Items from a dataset
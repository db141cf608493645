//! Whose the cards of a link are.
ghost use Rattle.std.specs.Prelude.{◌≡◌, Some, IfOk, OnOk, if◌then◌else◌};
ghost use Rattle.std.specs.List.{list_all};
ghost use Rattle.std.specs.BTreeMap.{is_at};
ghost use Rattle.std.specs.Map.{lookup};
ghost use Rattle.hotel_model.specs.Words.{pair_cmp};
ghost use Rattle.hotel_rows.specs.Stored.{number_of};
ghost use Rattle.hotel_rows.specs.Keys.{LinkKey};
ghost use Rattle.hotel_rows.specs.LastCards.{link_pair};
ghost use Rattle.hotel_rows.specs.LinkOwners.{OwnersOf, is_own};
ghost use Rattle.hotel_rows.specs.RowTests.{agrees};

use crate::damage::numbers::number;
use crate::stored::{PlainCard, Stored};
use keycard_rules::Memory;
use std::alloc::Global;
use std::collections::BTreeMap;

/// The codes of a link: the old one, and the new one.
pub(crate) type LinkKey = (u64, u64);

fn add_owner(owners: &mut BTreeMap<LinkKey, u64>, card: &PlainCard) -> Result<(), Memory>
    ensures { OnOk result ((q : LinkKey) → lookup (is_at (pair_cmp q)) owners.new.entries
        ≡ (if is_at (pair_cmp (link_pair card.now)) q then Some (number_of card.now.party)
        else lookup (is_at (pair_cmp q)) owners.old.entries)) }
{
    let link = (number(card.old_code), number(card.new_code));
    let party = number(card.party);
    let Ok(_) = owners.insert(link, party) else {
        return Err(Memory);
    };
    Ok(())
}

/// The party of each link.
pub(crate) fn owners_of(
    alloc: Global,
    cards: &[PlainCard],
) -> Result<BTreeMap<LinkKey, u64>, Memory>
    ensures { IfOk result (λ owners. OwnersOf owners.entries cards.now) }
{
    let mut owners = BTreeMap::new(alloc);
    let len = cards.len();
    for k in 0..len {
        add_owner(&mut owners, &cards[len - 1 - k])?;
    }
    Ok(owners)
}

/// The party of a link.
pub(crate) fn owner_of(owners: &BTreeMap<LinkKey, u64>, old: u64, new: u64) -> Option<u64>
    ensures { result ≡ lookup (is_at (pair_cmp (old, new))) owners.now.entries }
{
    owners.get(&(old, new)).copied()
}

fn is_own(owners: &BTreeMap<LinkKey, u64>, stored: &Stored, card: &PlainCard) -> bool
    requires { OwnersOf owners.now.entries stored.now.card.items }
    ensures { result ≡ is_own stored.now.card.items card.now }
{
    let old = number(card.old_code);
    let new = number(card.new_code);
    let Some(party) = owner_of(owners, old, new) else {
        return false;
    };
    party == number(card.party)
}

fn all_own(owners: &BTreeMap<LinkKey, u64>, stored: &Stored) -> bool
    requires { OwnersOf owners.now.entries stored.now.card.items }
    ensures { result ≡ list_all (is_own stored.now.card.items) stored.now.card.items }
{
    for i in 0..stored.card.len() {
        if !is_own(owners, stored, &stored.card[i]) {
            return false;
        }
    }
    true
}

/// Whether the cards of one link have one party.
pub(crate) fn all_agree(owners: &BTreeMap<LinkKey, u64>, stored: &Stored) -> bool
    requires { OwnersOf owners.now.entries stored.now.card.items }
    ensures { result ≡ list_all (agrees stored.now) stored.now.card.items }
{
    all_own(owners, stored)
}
* * *
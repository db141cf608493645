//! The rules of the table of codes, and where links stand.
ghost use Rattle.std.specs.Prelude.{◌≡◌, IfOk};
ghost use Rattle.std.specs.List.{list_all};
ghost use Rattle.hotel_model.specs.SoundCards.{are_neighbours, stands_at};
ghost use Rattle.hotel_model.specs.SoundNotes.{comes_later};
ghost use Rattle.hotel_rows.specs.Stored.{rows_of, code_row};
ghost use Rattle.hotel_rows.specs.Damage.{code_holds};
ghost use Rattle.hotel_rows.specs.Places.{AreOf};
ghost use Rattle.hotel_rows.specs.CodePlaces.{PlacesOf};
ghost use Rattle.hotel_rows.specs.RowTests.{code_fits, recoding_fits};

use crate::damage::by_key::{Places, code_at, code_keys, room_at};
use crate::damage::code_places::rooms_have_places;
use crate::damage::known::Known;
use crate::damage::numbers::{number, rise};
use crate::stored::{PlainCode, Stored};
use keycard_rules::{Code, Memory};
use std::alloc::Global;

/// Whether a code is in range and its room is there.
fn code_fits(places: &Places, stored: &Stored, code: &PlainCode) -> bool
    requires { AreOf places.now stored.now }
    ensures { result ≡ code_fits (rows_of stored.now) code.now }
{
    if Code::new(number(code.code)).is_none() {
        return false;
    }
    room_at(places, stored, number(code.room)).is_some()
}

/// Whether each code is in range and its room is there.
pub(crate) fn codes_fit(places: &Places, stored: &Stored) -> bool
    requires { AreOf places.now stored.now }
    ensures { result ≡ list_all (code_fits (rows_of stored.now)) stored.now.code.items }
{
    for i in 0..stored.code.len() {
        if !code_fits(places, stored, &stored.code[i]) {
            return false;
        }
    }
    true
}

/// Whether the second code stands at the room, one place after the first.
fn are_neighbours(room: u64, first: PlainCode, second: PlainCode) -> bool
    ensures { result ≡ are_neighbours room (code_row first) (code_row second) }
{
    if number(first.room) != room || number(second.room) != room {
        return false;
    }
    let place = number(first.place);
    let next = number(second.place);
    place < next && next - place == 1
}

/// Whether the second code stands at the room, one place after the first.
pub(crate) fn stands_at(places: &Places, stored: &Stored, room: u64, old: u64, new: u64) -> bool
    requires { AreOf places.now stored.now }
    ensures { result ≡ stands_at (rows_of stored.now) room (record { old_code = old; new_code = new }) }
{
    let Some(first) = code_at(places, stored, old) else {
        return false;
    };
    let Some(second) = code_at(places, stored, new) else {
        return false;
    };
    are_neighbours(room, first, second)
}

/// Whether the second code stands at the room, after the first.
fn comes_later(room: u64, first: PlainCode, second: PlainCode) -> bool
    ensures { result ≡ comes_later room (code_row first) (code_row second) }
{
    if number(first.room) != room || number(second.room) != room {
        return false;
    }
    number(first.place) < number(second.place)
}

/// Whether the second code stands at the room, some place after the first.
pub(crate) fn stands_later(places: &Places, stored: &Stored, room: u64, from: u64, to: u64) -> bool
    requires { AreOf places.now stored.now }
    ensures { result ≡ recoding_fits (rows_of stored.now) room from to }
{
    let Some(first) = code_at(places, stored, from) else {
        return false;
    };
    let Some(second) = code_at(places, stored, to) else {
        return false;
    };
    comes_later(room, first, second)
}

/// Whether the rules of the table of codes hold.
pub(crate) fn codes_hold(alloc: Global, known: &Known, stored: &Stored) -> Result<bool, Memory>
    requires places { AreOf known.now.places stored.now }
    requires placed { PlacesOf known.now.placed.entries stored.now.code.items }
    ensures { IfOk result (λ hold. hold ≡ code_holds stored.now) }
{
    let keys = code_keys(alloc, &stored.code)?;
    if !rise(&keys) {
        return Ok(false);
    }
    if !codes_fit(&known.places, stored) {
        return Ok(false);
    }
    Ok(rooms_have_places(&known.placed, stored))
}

* _Try it_
Return, from the data above, each line in which the string "OnOk" appears.

* _Output of the exercise_
ghost use Rattle.std.specs.Prelude.{◌≡◌, Some, IfOk, OnOk, if◌then◌else◌};
    ensures { OnOk result ((q : LinkKey) → lookup (is_at (pair_cmp q)) owners.new.entries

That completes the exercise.